The answer is the set of lines that include "declared", copied from the data below.

Stored entries
++++

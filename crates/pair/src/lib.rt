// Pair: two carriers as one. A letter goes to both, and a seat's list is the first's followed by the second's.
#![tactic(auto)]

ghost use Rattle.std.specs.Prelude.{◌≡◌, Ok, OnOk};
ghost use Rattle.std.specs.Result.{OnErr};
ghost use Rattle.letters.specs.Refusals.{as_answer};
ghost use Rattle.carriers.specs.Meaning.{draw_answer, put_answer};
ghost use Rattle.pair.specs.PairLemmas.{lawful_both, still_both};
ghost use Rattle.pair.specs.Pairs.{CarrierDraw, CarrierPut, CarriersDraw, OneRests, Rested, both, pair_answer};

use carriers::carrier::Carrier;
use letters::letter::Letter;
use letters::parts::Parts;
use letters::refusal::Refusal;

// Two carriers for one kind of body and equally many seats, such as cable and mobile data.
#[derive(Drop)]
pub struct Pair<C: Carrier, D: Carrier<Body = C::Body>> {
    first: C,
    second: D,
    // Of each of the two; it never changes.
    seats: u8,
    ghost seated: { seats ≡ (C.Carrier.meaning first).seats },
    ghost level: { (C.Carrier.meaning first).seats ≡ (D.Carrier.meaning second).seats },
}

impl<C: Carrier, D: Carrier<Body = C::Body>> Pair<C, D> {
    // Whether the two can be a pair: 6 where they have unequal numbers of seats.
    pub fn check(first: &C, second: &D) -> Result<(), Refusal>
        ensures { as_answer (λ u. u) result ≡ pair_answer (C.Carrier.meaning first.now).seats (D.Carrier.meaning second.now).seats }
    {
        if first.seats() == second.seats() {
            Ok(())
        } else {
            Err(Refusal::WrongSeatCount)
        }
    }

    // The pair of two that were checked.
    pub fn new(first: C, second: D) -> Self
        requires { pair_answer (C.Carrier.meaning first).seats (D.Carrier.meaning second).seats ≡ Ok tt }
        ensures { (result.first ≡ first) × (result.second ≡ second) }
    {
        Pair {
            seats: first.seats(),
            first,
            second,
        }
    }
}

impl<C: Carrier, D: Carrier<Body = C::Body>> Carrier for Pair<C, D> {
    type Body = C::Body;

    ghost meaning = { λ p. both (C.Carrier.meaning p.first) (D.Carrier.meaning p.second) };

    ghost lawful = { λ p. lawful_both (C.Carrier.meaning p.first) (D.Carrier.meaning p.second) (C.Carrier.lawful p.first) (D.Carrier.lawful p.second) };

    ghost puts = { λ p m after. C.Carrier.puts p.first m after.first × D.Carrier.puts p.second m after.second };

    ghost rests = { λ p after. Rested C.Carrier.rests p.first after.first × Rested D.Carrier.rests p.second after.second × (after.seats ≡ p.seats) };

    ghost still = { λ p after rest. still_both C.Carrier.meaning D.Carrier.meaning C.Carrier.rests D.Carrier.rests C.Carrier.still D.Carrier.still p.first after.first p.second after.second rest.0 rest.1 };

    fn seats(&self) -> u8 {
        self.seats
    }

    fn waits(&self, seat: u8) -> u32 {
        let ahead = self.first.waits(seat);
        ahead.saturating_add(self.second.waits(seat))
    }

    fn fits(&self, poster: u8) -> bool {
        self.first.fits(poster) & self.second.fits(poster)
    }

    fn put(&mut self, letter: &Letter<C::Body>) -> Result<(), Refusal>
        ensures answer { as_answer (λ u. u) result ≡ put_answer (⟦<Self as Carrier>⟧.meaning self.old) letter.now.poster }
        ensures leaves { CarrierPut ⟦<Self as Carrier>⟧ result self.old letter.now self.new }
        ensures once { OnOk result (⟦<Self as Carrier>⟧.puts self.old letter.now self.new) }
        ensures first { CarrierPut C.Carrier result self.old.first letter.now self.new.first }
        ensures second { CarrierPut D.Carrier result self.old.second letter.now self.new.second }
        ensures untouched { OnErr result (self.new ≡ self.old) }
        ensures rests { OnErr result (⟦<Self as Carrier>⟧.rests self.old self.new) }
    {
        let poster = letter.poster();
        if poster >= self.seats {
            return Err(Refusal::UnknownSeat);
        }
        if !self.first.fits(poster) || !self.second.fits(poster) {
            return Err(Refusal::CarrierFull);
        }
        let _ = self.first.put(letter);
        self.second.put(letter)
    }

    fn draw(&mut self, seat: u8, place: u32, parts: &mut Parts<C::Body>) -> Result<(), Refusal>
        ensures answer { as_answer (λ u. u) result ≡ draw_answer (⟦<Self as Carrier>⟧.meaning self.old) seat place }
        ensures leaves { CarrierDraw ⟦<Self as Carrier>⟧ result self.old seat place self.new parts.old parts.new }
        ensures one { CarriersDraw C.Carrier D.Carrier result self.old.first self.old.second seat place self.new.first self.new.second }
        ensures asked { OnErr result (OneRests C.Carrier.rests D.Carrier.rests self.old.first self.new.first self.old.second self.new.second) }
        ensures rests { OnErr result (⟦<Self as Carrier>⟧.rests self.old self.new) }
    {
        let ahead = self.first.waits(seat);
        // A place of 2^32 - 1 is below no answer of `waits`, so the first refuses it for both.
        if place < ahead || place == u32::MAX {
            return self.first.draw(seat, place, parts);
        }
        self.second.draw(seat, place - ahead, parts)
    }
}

++++

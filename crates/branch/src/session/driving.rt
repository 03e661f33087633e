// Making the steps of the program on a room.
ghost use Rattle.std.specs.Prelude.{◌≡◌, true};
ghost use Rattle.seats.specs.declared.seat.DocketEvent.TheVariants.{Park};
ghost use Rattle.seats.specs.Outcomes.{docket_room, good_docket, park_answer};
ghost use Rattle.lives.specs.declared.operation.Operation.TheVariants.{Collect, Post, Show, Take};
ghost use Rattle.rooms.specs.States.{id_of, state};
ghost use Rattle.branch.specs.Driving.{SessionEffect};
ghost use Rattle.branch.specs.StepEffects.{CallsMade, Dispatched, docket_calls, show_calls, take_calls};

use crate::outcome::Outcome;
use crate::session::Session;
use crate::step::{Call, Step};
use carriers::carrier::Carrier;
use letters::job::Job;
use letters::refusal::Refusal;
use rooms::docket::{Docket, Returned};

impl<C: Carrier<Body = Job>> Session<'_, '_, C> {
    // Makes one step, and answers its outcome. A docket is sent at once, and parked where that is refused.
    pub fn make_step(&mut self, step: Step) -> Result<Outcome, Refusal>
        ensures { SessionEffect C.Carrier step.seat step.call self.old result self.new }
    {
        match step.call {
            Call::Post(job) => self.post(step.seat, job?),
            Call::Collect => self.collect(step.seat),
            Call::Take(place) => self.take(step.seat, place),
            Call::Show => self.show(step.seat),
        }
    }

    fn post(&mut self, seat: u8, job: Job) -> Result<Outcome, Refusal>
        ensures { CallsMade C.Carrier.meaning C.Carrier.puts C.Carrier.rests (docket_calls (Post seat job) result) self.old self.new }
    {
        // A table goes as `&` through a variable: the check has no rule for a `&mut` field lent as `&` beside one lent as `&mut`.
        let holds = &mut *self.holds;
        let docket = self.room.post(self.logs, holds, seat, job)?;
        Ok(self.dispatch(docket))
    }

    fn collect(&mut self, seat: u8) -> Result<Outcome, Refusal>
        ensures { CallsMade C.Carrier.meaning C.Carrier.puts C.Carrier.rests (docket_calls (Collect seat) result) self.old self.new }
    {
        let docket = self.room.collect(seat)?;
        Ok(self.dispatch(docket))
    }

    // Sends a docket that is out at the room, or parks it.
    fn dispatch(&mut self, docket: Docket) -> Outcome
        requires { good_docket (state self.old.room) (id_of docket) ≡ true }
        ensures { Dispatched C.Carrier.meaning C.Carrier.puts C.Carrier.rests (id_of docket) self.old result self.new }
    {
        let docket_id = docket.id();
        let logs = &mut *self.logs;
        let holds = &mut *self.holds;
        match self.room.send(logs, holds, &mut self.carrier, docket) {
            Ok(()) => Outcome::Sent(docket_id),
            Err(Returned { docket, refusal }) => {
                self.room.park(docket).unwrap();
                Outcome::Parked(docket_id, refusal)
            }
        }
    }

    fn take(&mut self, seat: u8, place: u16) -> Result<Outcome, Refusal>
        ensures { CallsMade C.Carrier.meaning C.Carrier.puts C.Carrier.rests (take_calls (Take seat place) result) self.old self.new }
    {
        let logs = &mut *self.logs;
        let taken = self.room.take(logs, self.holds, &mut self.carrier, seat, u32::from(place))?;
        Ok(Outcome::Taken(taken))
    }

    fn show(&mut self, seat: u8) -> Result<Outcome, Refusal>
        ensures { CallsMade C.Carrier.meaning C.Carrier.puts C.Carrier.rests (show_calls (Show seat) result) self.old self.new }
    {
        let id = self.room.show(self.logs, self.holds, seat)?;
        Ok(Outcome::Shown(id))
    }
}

++++

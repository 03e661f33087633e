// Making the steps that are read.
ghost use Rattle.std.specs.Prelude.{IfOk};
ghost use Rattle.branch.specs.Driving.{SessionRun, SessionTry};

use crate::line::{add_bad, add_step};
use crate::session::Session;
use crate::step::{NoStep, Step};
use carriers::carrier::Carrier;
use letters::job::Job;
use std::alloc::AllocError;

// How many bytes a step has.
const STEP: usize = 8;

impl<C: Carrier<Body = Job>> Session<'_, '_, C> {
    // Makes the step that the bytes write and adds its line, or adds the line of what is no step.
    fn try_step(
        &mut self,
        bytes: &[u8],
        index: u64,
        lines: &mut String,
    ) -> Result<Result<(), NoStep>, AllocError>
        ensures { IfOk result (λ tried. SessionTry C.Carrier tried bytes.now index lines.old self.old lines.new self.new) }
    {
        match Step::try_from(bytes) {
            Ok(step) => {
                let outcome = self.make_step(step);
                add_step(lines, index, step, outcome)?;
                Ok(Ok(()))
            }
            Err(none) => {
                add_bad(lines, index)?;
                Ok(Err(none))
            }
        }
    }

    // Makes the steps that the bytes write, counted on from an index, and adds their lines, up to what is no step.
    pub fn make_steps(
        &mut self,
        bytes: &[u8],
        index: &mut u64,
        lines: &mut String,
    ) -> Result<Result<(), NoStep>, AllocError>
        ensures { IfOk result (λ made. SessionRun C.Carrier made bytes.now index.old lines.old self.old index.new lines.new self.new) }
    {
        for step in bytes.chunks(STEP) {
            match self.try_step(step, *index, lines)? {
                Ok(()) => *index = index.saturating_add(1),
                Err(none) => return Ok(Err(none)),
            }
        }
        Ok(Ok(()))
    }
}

++++

COMPLETED TASK >>
ghost use Rattle.seats.specs.declared.seat.DocketEvent.TheVariants.{Park};
ghost use Rattle.lives.specs.declared.operation.Operation.TheVariants.{Collect, Post, Show, Take};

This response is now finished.